# WHAT NEEDS TO BE DONE
In the listing below, find the line containing "unit, up to the" and the line containing "ill-formed: the WTF-8 of". Repeat exactly those two lines and every line between them, nothing more.

# STORED DATA
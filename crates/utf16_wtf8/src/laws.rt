//! The laws of WTF-8, each proved as the contract of a function that does nothing.
//!
//! The body of a function cites a law by a call of its function, a proof file by the lemma of that
//! name in the module `Rattle.utf16_wtf8.proofs.LawProofs`. The statements are in
//! `specs/Laws.antt`. They depend only on the definitions, and hold for all code units.
#![tactic(auto, using(crate::proofs::LawProofs::laws))]

ghost use Rattle.utf16_wtf8.specs.Laws.{BackAndThere, Concatenates, CutAnywhere, LenIsFew, LenIsMaximal, NoneIfTruncated, PairHasThree, RestIsWtf8, ReturnsToWtf8, ThereAndBack, TruncatedHasNone, UnitsAreUnique, UnitsAreWtf8, Utf8IfWellFormed, Wtf8HasUnits};

/// The code units of the code points of any code units are these units: nothing is lost.
pub fn there_and_back()
    ensures { ThereAndBack }
{}

/// The code points of the code units of any code points are these points, if no leading surrogate
/// is directly followed by a trailing one.
pub fn back_and_there()
    ensures { BackAndThere }
{}

/// The WTF-8 of any code units is WTF-8.
pub fn units_are_wtf8()
    ensures { UnitsAreWtf8 }
{}

/// Every WTF-8 is the WTF-8 of some code units.
pub fn wtf8_has_units()
    ensures { Wtf8HasUnits }
{}

/// Different code units have different WTF-8.
pub fn units_are_unique()
    ensures { UnitsAreUnique }
{}

/// The WTF-8 of code units is UTF-8 exactly if the units are well-formed UTF-16.
pub fn utf8_if_well_formed()
    ensures { Utf8IfWellFormed }
{}

/// The code points of a stream of UTF-16 cut in two are those that the first chunk decides, and
/// then the points of its tail and the second chunk. So they do not depend on where a stream is
/// cut.
pub fn cut_anywhere()
    ensures { CutAnywhere }
{}

/// The UTF-16 that `from_wtf8` writes for WTF-8 has that WTF-8, so `to_wtf8` writes it again.
pub fn returns_to_wtf8()
    ensures { ReturnsToWtf8 }
{}

/// WTF-8 followed by WTF-8 is WTF-8, unless a leading surrogate at the end of the first and a
/// trailing one at the start of the second make a pair.
pub fn concatenates()
    ensures { Concatenates }
{}

/// If WTF-8 begins with WTF-8, the rest is WTF-8 too.
pub fn rest_is_wtf8()
    ensures { RestIsWtf8 }
{}

/// If no code point begins the bytes, the ill-formed sequence is as long as the
/// Standard's maximal subpart of an ill-formed subsequence, unless the bytes end before it is
/// decided.
pub fn len_is_maximal()
    ensures { LenIsMaximal }
{}

/// If no code point begins the bytes, more bytes may complete them exactly if all of them are the
/// beginning of one code point.
pub fn none_if_truncated()
    ensures { NoneIfTruncated }
{}

/// The ill-formed sequence at a trailing surrogate after a leading one is its three bytes.
pub fn pair_has_three()
    ensures { PairHasThree }
{}

/// An ill-formed sequence has one to three bytes, and no more than there are.
pub fn len_is_few()
    ensures { LenIsFew }
{}

/// The beginning of a code point is incomplete and not ill-formed, even if it is the beginning of a
/// trailing surrogate after a leading one.
pub fn truncated_has_none()
    ensures { TruncatedHasNone }
{}
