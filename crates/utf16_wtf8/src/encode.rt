//! WTF-8 to UTF-16: text as UTF-8, and surrogates where that stops.

ghost use Rattle.std.specs.Prelude.{◌≡◌, ◌+◌, ◌-◌, ◌≤◌, true, IfErr, IfOk, length};
ghost use Rattle.utf16_transcode.specs.Transcoded.{Writes};
ghost use Rattle.utf16_transcode.specs.declared.progress.Stop.TheVariants.{Incomplete};
ghost use Rattle.utf16_wtf8.specs.FromWtf8.{BeginsWithSurrogate, LeavesLeading, ReadsWtf8, StopsAfter, StopsFromWtf8, StopsFromWtf8Partial, TranscodesFromWtf8, surrogate_begins};

use utf8_bytes::is_continuation;
use utf16_transcode::{Progress, Stop, from_utf8, put};
use utf16_units::{Utf16Order, is_leading_surrogate, is_trailing_surrogate};

// The length in bytes of a surrogate in WTF-8.
pub(crate) const SURROGATE_LEN: usize = 3;

// The length in bytes of a code unit.
pub(crate) const UNIT_LEN: usize = 2;

/// Writes WTF-8 in UTF-16 to the start of a buffer, with each surrogate as one code unit, up to the
/// first ill-formed sequence or as far as whole characters fit. Any bytes are allowed. The three
/// bytes of a trailing surrogate directly after those of a leading one are ill-formed: the WTF-8 of
/// a pair is the four bytes of its character. Bytes of the buffer after the written ones may have
/// been overwritten.
///
/// # Complexity
///
/// Linear time in the number of bytes read.
pub fn from_wtf8<E: Utf16Order>(wtf8: &[u8], to: &mut [u8]) -> Progress
    ensures wrote { Writes (TranscodesFromWtf8 E.BIG) wtf8.now to.new result.read result.written }
    ensures stop { StopsFromWtf8 E.BIG wtf8.now result.read (length to.new - result.written)
        result.stop }
{
    let (progress, _) = transcode_wtf8::<E>(wtf8, to);
    progress
}

/// Writes a chunk of a stream of WTF-8 in UTF-16 to the start of a buffer, like `from_wtf8`. It
/// stops with `Incomplete` before a leading surrogate at the end, before the beginning of a code
/// point, or before one and then the other. These are at most six bytes: put them before the next
/// chunk, and pass those at the end of the stream to `from_wtf8`. If that leading surrogate does
/// not fit, it stops with `NoSpace` instead.
///
/// # Complexity
///
/// Linear time in the number of bytes read.
pub fn from_wtf8_partial<E: Utf16Order>(wtf8: &[u8], to: &mut [u8]) -> Progress
    ensures wrote { Writes (TranscodesFromWtf8 E.BIG) wtf8.now to.new result.read result.written }
    ensures stop { StopsFromWtf8Partial E.BIG wtf8.now result.read
        (length to.new - result.written) result.stop }
    ensures few { result.stop ≡ Incomplete → length wtf8.now ≤ result.read + 6 }
    ensures fits { result.stop ≡ Incomplete → LeavesLeading wtf8.now result.read
        → 2 ≤ length to.new - result.written }
{
    let (progress, after_leading) = transcode_wtf8::<E>(wtf8, to);
    if !after_leading {
        return progress;
    }
    match progress.stop {
        Stop::IllFormed(_) | Stop::NoSpace => progress,
        Stop::Done | Stop::Incomplete => Progress {
            read: progress.read - SURROGATE_LEN,
            written: progress.written - UNIT_LEN,
            stop: Stop::Incomplete,
        },
    }
}

// Writes WTF-8 like `from_wtf8`, and also returns whether what was read ends with a leading
// surrogate.
fn transcode_wtf8<E: Utf16Order>(wtf8: &[u8], to: &mut [u8]) -> (Progress, bool)
    ensures reads { ReadsWtf8 E.BIG wtf8.now to.new result.0.read result.0.written result.1 }
    ensures stop { StopsFromWtf8 E.BIG wtf8.now result.0.read
        (length to.new - result.0.written) result.0.stop }
{
    let mut read = 0;
    let mut written = 0;
    // Whether what was read ends with a leading surrogate.
    let mut after_leading = false;
    loop {
        let text = from_utf8::<E>(&wtf8[read..], &mut to[written..]);
        read += text.read;
        written += text.written;
        after_leading = after_leading && text.read == 0;
        let rest = &wtf8[read..];
        if !begins_surrogate(rest) {
            let progress = Progress {
                read,
                written,
                stop: text.stop,
            };
            return (progress, after_leading);
        }
        let unit = match first_surrogate(rest, after_leading) {
            Ok(unit) => unit,
            Err(stop) => {
                let progress = Progress {
                    read,
                    written,
                    stop,
                };
                return (progress, after_leading);
            }
        };
        if to.len() - written < UNIT_LEN {
            let progress = Progress {
                read,
                written,
                stop: Stop::NoSpace,
            };
            return (progress, after_leading);
        }
        written = put(&E::write_unit(unit), to, written);
        read += SURROGATE_LEN;
        after_leading = is_leading_surrogate(unit);
    }
}

// Whether the bytes begin with the first two bytes of a surrogate.
pub(crate) fn begins_surrogate(rest: &[u8]) -> bool
    ensures { result ≡ surrogate_begins rest.now }
{
    rest.len() >= 2 && rest[0] == 0xED && (0xA0..=0xBF).contains(&rest[1])
}

// Returns the surrogate at the start of the bytes, or why a call stops before it: it is truncated,
// or its third byte is missing, or it makes a pair with the leading surrogate before it.
pub(crate) fn first_surrogate(rest: &[u8], after_leading: bool) -> Result<u16, Stop>
    requires { surrogate_begins rest.now ≡ true }
    ensures surrogate { IfOk result (BeginsWithSurrogate after_leading rest.now) }
    ensures stop { IfErr result (StopsAfter after_leading rest.now) }
{
    if rest.len() < SURROGATE_LEN {
        return Err(Stop::Incomplete);
    }
    if !is_continuation(rest[2]) {
        return Err(Stop::IllFormed(2));
    }
    let unit = 0xD000 + (rest[1] - 0x80) as u16 * 0x40 + (rest[2] - 0x80) as u16;
    if after_leading && is_trailing_surrogate(unit) {
        return Err(Stop::IllFormed(3));
    }
    Ok(unit)
}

# ANSWER TO THIS PROBLEM
/// Writes WTF-8 in UTF-16 to the start of a buffer, with each surrogate as one code unit, up to the
/// first ill-formed sequence or as far as whole characters fit. Any bytes are allowed. The three
/// bytes of a trailing surrogate directly after those of a leading one are ill-formed: the WTF-8 of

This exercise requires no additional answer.